## BRIEF
Identify all lines in the data containing the string "Rattle". Copy them out.

## SUPPLIED RECORDS

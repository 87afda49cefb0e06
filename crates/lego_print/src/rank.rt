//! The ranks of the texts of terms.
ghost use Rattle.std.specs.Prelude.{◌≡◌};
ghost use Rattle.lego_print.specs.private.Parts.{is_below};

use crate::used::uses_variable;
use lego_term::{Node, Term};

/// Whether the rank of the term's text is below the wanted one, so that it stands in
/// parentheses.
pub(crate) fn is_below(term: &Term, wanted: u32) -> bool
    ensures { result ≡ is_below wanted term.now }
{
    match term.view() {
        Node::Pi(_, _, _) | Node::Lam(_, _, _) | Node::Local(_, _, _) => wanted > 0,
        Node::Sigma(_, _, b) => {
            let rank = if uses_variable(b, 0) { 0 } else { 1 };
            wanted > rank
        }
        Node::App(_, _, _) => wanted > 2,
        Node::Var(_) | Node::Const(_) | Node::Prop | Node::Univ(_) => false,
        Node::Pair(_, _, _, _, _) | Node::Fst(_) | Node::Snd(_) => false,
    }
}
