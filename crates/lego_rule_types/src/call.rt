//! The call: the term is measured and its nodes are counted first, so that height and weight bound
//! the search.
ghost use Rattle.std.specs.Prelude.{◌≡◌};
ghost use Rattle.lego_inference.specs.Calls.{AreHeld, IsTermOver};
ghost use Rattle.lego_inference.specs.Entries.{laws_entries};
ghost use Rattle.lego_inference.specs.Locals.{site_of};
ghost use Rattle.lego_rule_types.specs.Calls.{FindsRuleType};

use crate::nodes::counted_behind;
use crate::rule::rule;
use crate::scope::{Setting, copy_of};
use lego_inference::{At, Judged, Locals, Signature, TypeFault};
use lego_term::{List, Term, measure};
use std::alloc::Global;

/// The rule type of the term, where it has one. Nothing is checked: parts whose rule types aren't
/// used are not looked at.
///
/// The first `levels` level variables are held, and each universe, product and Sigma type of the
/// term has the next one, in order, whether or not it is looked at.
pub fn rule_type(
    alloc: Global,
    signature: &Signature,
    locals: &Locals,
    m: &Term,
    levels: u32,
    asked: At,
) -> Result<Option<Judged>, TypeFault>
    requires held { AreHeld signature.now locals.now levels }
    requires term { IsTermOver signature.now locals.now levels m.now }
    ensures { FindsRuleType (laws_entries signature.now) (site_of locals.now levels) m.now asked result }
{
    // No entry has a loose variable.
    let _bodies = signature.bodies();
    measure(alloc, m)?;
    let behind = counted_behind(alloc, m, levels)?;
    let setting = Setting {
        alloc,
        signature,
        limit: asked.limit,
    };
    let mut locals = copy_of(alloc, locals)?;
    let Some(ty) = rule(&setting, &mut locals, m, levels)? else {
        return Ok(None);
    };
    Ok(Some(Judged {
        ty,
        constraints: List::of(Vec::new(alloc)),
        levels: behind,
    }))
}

## EXPECTED ANSWER
ghost use Rattle.std.specs.Prelude.{◌≡◌};
ghost use Rattle.lego_print.specs.private.Parts.{is_below};
ghost use Rattle.std.specs.Prelude.{◌≡◌};
ghost use Rattle.lego_inference.specs.Calls.{AreHeld, IsTermOver};
ghost use Rattle.lego_inference.specs.Entries.{laws_entries};
ghost use Rattle.lego_inference.specs.Locals.{site_of};
ghost use Rattle.lego_rule_types.specs.Calls.{FindsRuleType};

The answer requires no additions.